Assigned task » Of the records that follow, copy only the lines from the line containing "fn step_sound(words: &mut" to the line containing "if steps_or_arguments_are_damaged(words, w, row)", both included, exactly as written.

Supplied data »

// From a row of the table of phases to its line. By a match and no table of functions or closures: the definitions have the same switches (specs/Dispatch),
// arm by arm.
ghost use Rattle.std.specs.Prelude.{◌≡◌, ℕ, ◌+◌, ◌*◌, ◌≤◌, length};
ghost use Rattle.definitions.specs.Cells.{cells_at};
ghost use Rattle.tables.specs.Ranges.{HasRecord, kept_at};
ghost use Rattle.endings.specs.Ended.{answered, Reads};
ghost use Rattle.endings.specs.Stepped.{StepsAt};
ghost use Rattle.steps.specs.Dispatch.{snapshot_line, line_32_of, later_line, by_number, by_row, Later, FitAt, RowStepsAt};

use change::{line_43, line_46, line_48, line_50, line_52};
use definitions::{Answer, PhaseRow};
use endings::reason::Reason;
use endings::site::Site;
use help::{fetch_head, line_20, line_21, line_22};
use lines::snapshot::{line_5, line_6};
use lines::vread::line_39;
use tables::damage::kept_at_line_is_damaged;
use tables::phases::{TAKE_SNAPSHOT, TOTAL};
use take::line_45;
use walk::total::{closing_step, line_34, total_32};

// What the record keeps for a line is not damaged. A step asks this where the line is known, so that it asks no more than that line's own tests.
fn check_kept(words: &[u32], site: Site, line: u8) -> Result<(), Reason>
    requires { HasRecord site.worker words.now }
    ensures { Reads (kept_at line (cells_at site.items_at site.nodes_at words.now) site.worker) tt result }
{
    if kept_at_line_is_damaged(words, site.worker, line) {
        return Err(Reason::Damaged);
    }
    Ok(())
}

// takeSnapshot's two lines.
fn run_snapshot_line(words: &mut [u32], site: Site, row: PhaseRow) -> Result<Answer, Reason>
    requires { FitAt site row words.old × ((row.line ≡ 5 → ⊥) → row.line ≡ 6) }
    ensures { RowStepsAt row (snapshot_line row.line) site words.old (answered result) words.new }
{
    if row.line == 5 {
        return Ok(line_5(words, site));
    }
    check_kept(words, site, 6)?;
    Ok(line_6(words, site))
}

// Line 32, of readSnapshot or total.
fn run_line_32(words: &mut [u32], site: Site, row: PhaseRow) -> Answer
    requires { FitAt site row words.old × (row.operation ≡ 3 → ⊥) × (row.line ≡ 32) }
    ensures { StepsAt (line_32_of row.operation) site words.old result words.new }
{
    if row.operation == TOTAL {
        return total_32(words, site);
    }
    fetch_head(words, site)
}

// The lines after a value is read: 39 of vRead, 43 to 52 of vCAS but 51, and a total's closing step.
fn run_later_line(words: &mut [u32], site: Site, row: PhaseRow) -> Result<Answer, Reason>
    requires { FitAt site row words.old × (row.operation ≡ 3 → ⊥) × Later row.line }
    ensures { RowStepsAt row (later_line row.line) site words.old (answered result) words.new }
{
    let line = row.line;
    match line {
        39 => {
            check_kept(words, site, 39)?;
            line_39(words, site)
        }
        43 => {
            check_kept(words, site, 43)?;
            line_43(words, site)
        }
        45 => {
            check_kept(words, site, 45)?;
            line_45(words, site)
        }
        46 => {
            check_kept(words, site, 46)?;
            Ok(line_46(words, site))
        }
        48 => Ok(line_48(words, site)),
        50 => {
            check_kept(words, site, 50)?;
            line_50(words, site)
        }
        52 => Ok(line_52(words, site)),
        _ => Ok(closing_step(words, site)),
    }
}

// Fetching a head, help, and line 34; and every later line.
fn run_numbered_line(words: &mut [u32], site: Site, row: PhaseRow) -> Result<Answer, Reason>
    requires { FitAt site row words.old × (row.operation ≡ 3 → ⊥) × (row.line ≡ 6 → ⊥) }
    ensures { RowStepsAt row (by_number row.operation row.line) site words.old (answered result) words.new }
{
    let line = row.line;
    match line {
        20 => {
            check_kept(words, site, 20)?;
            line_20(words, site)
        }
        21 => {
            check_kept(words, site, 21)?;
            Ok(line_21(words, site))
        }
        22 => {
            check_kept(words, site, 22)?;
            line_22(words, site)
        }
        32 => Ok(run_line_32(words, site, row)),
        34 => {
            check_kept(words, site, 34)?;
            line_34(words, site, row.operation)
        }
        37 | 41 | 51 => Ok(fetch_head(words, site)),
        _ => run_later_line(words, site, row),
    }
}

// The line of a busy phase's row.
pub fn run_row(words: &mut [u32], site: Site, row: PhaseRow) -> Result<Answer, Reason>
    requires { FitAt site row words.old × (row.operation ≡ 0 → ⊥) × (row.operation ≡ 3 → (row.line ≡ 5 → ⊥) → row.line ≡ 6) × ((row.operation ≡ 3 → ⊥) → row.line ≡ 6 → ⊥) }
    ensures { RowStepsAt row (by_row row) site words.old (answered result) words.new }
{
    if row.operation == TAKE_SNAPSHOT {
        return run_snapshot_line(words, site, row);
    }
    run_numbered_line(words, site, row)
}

--

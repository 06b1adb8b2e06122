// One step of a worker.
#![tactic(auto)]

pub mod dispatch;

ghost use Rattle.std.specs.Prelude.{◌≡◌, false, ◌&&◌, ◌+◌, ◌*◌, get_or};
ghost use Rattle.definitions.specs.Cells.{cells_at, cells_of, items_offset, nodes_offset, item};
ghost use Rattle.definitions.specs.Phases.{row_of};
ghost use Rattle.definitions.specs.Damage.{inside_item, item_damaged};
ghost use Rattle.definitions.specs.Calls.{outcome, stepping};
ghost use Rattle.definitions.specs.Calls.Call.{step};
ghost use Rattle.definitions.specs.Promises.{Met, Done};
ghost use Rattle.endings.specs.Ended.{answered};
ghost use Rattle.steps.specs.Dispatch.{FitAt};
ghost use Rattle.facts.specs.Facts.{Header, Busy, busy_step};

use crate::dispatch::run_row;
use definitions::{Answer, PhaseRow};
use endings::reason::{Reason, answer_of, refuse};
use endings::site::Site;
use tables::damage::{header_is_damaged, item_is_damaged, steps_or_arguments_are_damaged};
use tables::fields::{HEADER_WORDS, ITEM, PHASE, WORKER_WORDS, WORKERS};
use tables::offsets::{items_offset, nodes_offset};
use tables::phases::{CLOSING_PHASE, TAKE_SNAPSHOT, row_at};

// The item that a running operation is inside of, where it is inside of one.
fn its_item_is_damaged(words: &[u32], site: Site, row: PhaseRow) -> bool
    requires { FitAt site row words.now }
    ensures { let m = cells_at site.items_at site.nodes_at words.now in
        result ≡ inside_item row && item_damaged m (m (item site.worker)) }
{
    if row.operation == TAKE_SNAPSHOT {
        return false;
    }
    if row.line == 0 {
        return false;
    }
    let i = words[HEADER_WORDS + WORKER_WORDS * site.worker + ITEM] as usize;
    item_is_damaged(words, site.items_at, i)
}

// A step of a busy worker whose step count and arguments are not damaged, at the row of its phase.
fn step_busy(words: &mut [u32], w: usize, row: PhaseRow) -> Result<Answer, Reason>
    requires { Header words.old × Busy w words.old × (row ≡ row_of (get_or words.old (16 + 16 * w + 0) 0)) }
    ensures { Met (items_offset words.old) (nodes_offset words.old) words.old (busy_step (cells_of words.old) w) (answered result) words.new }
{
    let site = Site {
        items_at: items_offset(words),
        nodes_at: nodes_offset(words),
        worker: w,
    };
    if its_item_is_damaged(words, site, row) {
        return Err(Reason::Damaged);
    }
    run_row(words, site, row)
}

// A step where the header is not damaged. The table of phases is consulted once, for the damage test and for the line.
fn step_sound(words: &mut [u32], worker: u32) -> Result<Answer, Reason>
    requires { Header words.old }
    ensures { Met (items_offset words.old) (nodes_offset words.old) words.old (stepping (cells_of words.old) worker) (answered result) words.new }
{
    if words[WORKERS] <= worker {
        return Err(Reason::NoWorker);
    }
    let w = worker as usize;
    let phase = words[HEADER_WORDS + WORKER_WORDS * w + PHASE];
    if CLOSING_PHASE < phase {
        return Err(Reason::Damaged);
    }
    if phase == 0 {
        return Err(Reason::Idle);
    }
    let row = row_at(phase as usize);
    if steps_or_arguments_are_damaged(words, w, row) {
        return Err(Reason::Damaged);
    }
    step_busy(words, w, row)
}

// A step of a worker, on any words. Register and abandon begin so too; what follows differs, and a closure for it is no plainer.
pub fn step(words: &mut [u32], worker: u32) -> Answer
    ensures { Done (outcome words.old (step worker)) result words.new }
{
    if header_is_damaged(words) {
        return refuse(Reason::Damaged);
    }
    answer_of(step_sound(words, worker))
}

Expected answer »
fn step_sound(words: &mut [u32], worker: u32) -> Result<Answer, Reason>
    requires { Header words.old }
    ensures { Met (items_offset words.old) (nodes_offset words.old) words.old (stepping (cells_of words.old) worker) (answered result) words.new }
{
    if words[WORKERS] <= worker {
        return Err(Reason::NoWorker);
    }
    let w = worker as usize;
    let phase = words[HEADER_WORDS + WORKER_WORDS * w + PHASE];
    if CLOSING_PHASE < phase {
        return Err(Reason::Damaged);
    }
    if phase == 0 {
        return Err(Reason::Idle);
    }
    let row = row_at(phase as usize);
    if steps_or_arguments_are_damaged(words, w, row) {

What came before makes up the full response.